• What the task asks: Below are the records; output them exactly from the first line through the line with "teams' calls are", stopping there.

• Input data:
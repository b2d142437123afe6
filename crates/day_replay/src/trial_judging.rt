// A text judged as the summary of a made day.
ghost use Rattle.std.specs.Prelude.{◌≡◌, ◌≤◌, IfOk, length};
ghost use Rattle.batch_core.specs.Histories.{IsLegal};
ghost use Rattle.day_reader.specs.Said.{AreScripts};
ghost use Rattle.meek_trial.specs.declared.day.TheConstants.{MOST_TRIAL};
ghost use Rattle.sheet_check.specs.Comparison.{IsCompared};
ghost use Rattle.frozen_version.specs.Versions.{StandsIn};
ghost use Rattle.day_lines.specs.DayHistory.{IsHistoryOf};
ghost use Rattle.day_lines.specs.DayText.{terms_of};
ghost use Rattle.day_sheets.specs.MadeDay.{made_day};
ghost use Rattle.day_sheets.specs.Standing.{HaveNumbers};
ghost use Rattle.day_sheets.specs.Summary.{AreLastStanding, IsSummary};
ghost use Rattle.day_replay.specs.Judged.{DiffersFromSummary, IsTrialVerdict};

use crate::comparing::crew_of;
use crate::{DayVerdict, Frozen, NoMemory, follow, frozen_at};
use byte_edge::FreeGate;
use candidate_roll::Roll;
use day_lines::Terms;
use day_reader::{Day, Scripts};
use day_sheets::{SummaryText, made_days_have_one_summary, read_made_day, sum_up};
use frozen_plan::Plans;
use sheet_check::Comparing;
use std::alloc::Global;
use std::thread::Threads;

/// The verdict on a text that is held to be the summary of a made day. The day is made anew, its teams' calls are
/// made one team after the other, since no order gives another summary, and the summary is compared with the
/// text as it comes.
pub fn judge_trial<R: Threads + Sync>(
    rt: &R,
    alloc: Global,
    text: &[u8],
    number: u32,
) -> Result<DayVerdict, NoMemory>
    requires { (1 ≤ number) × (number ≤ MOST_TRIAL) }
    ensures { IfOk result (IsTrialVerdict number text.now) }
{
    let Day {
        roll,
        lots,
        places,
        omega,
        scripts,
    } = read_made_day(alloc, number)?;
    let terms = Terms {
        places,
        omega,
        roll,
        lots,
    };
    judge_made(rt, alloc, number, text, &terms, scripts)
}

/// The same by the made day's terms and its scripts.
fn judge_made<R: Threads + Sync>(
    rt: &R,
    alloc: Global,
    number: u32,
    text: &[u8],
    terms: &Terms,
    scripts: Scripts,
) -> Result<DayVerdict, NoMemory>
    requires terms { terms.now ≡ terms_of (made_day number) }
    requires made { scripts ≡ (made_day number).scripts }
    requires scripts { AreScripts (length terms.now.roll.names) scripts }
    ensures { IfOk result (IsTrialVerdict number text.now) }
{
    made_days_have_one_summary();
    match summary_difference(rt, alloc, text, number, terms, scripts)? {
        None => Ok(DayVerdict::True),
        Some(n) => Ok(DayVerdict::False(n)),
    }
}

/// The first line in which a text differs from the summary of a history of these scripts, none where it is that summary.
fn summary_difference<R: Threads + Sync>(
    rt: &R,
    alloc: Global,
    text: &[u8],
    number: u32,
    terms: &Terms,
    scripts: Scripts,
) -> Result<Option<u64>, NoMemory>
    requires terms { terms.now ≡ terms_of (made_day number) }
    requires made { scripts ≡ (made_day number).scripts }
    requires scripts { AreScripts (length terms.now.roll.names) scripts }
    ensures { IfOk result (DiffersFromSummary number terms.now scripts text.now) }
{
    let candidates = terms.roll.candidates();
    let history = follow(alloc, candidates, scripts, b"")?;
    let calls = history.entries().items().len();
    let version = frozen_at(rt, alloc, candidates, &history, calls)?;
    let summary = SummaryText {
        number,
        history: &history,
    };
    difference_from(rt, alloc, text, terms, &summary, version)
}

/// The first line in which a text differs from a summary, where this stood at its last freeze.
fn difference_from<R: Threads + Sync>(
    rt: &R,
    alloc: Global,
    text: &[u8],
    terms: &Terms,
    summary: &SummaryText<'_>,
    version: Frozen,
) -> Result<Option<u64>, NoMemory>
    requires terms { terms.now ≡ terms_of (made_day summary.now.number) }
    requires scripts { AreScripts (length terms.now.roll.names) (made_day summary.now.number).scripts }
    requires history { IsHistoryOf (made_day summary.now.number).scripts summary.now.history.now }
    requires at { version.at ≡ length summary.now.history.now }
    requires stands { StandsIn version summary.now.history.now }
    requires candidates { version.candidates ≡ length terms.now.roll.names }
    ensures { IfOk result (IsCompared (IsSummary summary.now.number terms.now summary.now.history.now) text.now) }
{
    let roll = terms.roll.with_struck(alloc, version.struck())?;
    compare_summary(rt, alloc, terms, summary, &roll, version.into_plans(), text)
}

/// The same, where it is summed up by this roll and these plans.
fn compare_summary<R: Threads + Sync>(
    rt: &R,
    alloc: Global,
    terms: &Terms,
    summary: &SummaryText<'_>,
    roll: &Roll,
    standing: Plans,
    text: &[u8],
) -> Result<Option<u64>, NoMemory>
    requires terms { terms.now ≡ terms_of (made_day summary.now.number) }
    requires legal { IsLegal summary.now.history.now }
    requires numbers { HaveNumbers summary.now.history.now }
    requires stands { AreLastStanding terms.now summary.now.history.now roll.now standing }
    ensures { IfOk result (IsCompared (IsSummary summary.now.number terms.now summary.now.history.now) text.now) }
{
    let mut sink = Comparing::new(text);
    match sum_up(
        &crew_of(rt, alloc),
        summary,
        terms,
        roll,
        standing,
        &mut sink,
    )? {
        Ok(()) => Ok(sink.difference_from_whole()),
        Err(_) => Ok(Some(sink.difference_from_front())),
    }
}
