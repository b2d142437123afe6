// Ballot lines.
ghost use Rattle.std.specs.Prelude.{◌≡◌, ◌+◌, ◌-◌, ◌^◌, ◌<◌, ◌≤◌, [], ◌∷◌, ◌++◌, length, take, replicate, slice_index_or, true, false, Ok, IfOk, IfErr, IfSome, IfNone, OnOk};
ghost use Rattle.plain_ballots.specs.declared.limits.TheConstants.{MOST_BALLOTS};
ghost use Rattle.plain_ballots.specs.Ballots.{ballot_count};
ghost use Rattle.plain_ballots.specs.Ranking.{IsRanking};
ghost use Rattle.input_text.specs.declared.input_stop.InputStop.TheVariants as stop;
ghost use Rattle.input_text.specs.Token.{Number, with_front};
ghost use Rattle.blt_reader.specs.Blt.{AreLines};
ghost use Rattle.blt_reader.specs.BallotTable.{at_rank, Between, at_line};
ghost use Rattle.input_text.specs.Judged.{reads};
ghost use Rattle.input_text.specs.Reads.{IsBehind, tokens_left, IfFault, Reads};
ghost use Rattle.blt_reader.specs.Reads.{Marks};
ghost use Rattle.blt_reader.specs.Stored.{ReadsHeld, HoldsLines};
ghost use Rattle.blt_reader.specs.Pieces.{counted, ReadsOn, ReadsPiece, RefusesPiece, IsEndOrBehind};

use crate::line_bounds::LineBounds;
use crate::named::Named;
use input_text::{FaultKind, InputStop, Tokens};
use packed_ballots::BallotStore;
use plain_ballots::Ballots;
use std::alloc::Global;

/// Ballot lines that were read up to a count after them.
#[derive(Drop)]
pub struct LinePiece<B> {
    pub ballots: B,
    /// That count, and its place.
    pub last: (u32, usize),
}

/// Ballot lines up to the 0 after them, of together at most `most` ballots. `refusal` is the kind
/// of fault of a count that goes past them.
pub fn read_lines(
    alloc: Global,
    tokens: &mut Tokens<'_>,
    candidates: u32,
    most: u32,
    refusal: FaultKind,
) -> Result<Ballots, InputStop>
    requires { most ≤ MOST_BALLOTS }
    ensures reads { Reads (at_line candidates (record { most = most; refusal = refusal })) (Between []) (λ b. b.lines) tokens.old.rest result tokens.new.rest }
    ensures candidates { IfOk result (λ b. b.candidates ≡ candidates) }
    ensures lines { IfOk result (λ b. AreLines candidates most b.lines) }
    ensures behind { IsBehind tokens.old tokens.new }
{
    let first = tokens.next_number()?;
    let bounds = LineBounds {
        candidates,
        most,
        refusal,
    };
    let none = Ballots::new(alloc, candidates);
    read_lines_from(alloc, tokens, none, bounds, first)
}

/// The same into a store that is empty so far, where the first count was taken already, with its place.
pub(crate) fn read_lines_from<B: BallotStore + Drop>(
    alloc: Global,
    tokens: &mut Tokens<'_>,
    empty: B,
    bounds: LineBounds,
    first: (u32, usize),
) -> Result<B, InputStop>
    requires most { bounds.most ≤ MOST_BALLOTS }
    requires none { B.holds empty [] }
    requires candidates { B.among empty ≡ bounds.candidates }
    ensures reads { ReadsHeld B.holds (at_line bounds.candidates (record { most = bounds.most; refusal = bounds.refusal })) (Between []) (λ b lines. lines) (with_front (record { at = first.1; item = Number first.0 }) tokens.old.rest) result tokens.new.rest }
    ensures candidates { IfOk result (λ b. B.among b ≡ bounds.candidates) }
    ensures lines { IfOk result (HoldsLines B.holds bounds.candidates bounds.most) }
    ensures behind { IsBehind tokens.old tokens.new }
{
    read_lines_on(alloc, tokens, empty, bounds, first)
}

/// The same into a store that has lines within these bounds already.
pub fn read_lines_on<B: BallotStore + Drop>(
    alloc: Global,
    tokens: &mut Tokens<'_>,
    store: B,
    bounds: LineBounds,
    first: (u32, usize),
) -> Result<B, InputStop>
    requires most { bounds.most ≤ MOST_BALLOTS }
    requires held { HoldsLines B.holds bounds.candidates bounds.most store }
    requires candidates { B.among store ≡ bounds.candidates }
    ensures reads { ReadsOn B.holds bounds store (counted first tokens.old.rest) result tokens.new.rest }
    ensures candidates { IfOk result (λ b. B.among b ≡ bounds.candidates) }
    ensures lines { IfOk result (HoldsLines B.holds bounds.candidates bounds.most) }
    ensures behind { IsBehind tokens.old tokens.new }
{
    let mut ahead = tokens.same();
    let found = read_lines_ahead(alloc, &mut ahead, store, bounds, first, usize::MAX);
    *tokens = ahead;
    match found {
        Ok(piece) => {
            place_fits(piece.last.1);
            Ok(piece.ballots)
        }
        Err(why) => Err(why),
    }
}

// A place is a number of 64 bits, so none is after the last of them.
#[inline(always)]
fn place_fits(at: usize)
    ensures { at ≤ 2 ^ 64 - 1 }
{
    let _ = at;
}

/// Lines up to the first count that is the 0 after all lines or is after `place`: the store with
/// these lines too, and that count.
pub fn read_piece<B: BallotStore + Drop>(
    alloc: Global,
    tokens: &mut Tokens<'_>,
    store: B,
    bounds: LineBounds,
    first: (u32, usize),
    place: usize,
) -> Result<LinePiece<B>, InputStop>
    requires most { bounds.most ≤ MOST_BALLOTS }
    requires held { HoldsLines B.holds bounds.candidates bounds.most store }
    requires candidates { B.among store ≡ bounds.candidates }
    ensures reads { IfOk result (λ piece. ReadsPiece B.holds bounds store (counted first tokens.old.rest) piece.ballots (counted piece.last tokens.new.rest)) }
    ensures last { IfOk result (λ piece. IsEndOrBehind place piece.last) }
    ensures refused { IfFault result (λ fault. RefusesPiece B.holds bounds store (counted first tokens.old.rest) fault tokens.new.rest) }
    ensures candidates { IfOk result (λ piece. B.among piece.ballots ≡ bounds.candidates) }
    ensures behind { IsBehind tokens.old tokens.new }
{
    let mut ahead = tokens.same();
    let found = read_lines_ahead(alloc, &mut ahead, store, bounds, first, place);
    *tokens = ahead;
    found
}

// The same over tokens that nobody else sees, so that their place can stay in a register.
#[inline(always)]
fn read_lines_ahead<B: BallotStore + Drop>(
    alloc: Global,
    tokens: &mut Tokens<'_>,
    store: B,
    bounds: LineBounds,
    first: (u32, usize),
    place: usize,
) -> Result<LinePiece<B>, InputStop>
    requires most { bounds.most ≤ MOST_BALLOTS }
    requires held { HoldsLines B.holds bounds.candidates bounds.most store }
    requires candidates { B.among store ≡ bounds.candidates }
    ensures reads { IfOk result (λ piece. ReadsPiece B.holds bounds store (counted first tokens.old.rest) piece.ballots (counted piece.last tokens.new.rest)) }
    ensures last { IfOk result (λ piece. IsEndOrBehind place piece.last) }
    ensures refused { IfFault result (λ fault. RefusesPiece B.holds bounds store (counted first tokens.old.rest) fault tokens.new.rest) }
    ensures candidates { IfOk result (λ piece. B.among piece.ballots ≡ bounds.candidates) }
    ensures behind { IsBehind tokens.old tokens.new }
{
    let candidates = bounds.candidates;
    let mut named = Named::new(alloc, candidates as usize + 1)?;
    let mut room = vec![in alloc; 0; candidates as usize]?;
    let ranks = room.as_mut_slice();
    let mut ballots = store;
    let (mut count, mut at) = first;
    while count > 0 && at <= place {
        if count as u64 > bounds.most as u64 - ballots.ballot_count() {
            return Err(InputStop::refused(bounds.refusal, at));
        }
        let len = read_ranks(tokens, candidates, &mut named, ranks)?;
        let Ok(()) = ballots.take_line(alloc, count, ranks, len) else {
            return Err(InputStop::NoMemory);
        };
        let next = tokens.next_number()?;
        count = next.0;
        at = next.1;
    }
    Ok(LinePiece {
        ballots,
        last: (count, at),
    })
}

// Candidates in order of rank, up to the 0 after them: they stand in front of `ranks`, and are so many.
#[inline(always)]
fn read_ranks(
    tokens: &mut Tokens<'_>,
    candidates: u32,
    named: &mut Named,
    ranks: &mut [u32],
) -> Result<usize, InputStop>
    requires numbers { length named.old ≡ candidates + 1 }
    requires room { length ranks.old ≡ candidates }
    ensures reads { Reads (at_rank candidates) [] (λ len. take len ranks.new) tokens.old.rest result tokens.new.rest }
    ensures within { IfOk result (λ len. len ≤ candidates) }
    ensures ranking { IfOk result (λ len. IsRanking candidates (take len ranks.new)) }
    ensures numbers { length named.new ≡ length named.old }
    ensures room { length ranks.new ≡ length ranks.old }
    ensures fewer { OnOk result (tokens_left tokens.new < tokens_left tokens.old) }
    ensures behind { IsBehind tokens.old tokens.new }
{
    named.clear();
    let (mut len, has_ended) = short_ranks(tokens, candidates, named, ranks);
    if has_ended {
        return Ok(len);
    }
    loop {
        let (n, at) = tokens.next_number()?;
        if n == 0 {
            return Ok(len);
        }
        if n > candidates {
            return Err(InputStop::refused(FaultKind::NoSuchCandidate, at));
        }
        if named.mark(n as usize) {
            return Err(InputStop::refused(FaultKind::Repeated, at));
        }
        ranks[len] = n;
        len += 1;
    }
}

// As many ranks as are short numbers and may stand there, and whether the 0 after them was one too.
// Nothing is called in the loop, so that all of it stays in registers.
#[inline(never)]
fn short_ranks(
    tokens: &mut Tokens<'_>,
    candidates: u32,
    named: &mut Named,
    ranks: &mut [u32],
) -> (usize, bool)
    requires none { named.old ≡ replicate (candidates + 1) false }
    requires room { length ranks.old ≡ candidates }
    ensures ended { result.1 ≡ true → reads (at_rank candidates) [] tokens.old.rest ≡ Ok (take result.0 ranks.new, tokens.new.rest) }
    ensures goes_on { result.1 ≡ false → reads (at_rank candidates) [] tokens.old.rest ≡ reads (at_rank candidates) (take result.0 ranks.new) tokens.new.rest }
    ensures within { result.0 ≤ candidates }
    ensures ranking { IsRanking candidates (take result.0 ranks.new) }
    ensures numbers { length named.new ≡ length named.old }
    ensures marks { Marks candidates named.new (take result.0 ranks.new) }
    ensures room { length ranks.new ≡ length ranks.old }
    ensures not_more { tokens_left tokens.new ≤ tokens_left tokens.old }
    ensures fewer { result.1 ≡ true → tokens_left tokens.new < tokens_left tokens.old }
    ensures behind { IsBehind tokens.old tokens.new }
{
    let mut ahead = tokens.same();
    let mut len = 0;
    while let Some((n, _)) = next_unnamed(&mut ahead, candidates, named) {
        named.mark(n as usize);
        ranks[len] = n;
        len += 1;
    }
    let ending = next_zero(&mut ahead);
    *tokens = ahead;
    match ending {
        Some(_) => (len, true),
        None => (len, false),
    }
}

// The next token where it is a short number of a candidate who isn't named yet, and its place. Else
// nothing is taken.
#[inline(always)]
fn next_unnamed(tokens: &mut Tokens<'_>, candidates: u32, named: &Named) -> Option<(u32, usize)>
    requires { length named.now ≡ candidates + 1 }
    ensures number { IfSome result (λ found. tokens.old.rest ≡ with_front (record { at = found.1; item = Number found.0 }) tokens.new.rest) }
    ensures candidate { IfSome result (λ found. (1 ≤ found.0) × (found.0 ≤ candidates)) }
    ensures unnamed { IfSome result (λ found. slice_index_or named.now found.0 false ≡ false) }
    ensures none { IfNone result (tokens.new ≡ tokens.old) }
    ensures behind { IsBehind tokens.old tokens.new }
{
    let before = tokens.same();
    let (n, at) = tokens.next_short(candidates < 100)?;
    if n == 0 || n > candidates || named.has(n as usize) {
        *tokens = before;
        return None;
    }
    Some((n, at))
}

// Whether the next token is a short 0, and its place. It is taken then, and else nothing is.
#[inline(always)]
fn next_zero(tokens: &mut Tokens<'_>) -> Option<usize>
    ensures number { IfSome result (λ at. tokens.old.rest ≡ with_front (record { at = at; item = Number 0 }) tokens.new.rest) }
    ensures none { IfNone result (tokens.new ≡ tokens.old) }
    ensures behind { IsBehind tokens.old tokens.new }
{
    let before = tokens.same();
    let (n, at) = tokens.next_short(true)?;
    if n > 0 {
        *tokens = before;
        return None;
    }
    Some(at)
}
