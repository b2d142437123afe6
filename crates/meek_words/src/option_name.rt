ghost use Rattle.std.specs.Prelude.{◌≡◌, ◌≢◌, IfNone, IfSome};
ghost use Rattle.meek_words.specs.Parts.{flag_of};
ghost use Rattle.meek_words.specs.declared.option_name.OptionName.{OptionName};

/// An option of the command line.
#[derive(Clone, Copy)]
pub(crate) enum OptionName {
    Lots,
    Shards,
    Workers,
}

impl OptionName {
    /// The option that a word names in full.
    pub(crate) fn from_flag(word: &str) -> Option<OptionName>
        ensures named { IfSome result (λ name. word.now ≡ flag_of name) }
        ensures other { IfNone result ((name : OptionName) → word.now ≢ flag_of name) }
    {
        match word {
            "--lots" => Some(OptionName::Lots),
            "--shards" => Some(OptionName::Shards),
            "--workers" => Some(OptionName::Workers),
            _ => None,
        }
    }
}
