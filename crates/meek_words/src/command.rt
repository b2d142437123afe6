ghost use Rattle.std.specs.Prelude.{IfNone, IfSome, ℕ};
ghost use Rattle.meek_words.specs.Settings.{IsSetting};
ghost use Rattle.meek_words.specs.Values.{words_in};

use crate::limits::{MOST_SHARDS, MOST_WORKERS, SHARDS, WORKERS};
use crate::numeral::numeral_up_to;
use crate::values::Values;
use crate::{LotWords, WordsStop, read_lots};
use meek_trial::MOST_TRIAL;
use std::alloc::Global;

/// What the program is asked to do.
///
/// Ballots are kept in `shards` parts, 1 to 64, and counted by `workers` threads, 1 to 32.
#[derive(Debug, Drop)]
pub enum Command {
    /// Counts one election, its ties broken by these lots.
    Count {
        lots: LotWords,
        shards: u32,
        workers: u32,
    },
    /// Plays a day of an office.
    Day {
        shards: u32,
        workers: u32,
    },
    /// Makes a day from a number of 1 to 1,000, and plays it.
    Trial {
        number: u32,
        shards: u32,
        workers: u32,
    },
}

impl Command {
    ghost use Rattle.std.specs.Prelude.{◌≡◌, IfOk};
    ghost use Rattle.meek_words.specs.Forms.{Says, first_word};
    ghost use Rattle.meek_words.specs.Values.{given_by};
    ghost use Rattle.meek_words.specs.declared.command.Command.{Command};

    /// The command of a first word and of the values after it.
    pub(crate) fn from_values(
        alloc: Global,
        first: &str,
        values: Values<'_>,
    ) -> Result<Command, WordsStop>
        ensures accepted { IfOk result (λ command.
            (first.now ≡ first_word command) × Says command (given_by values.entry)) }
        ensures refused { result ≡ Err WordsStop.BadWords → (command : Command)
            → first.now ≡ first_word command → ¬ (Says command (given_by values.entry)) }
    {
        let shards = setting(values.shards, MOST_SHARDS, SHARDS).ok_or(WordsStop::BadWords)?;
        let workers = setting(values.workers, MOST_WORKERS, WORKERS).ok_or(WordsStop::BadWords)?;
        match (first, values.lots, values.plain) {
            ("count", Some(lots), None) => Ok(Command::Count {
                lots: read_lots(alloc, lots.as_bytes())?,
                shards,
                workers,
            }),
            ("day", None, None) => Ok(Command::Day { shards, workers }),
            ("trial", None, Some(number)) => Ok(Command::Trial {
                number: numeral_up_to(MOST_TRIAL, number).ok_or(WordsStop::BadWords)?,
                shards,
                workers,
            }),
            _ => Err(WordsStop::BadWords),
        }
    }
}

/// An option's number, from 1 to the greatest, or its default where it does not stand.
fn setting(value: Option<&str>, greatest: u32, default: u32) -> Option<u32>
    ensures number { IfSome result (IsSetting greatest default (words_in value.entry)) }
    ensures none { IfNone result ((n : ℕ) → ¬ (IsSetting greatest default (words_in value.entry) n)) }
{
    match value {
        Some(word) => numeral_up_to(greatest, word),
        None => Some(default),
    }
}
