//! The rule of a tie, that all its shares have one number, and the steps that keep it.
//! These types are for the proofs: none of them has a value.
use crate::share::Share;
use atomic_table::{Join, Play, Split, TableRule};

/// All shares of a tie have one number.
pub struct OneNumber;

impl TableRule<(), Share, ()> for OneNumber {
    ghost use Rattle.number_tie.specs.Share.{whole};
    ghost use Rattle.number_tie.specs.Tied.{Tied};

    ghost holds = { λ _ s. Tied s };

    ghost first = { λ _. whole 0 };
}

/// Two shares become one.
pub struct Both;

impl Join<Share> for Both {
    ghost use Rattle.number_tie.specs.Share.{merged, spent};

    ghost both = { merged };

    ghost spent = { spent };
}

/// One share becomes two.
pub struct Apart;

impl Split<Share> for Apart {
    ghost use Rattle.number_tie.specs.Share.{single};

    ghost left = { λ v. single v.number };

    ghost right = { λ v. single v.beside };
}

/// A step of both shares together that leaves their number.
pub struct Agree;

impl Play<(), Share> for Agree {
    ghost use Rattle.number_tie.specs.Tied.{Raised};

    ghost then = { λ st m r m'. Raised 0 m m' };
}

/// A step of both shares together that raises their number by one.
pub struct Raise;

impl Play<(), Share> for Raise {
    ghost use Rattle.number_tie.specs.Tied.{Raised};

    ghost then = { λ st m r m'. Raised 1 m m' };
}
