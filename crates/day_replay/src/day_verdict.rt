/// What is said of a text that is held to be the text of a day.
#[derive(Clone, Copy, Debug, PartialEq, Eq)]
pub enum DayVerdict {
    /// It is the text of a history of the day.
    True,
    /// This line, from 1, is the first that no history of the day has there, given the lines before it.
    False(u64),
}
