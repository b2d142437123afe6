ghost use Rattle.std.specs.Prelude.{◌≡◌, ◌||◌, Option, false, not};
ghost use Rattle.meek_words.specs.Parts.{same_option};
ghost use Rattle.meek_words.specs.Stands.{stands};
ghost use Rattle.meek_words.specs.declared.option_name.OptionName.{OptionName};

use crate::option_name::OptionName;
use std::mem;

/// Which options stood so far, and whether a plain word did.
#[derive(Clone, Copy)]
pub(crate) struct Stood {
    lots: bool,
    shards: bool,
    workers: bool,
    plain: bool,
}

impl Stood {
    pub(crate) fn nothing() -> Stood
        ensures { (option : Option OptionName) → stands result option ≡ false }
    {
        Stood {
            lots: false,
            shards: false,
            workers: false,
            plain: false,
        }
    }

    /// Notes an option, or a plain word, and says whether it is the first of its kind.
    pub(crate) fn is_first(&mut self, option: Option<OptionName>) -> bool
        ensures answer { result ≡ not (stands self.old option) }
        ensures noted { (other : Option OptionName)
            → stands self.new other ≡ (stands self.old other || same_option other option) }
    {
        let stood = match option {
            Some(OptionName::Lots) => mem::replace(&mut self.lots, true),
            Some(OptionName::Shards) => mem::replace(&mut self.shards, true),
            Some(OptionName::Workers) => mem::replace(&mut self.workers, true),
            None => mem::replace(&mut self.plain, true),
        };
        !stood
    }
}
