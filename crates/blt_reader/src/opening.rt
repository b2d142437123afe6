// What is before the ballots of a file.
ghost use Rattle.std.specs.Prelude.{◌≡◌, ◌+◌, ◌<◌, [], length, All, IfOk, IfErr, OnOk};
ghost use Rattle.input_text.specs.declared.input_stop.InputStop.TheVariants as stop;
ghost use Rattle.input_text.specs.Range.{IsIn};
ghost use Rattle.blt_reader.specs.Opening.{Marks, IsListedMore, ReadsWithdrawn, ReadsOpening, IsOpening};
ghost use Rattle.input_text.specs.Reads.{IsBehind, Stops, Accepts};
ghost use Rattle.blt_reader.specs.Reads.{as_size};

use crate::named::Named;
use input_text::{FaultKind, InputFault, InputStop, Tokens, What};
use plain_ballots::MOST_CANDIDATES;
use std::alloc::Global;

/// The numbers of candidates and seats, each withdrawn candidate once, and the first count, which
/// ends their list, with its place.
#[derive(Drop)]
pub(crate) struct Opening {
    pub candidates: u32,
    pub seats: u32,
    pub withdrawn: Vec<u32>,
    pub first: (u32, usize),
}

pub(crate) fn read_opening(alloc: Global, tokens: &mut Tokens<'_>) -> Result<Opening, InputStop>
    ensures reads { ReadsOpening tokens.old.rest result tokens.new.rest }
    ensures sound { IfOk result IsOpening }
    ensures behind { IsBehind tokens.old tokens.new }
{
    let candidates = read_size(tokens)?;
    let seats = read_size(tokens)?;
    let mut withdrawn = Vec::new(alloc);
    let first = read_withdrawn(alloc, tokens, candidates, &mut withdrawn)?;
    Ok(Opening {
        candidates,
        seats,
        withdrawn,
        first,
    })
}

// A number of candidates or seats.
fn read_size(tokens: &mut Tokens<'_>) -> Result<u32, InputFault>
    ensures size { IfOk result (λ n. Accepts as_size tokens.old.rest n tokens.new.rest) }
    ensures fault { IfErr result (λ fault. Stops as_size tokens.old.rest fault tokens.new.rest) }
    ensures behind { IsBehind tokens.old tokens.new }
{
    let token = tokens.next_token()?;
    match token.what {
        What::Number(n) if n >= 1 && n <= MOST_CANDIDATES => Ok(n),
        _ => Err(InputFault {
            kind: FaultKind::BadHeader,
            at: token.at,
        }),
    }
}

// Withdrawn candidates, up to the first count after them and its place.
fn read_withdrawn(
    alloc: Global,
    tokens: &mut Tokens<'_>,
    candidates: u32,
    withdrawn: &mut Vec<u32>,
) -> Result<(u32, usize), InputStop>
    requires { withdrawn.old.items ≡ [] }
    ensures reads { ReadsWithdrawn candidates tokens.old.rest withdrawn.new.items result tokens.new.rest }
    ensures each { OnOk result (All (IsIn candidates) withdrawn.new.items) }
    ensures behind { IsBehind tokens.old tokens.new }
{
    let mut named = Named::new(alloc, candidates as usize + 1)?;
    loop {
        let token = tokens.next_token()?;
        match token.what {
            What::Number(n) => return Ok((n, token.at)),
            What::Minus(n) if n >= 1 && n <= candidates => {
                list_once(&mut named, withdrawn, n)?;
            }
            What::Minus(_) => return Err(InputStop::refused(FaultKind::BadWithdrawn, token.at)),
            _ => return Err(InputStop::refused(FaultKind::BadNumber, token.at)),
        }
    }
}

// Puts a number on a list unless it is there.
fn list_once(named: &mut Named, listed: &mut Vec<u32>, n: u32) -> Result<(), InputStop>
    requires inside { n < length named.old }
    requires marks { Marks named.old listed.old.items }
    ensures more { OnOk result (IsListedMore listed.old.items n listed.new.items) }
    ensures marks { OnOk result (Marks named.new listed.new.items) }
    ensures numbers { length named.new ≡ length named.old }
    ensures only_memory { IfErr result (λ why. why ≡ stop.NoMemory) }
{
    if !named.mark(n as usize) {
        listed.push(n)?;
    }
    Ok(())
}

• Exercise answer:
repository b2d142437123afe6
filename crates/day_replay/src/trial_judging.rt
// A text judged as the summary of a made day.
ghost use Rattle.std.specs.Prelude.{◌≡◌, ◌≤◌, IfOk, length};
ghost use Rattle.batch_core.specs.Histories.{IsLegal};
ghost use Rattle.day_reader.specs.Said.{AreScripts};
ghost use Rattle.meek_trial.specs.declared.day.TheConstants.{MOST_TRIAL};
ghost use Rattle.sheet_check.specs.Comparison.{IsCompared};
ghost use Rattle.frozen_version.specs.Versions.{StandsIn};
ghost use Rattle.day_lines.specs.DayHistory.{IsHistoryOf};
ghost use Rattle.day_lines.specs.DayText.{terms_of};
ghost use Rattle.day_sheets.specs.MadeDay.{made_day};
ghost use Rattle.day_sheets.specs.Standing.{HaveNumbers};
ghost use Rattle.day_sheets.specs.Summary.{AreLastStanding, IsSummary};
ghost use Rattle.day_replay.specs.Judged.{DiffersFromSummary, IsTrialVerdict};

use crate::comparing::crew_of;
use crate::{DayVerdict, Frozen, NoMemory, follow, frozen_at};
use byte_edge::FreeGate;
use candidate_roll::Roll;
use day_lines::Terms;
use day_reader::{Day, Scripts};
use day_sheets::{SummaryText, made_days_have_one_summary, read_made_day, sum_up};
use frozen_plan::Plans;
use sheet_check::Comparing;
use std::alloc::Global;
use std::thread::Threads;

/// The verdict on a text that is held to be the summary of a made day. The day is made anew, its teams' calls are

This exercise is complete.